Data section:
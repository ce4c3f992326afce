//! A client as a machine (RFC 6120, RFC 6121): from the calls of its user and the bytes of its server to the bytes that go
//! out and what is told. It knows of no socket and of no clock. Each call is exactly the step of the client's table
//! (`specs/`). Where memory runs out a call of the user changes nothing, and of a piece of bytes the first items had their
//! effect, and the connection is left. That no submission is lost or doubled over a cut is not said here: it is a law of both
//! ends and the network.
#![tactic(auto)]

mod client;
mod faults;
mod making;
mod online;
mod page_requests;
mod pages;
mod replacing;
mod requests;
mod steps;
mod user;

pub use cl_handlers::{CatchUpFault, ClientOut, Event, Events, PeerFault};
pub use client::Client;
pub use faults::{CatchUpStart, ClientFault, SayFault};
pub use user::OUTBOX_BOUND;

Required work:
In the entries above, identify each line that includes the string "bytes", then copy it.

Answer:
//! A client as a machine (RFC 6120, RFC 6121): from the calls of its user and the bytes of its server to the bytes that go
//! (`specs/`). Where memory runs out a call of the user changes nothing, and of a piece of bytes the first items had their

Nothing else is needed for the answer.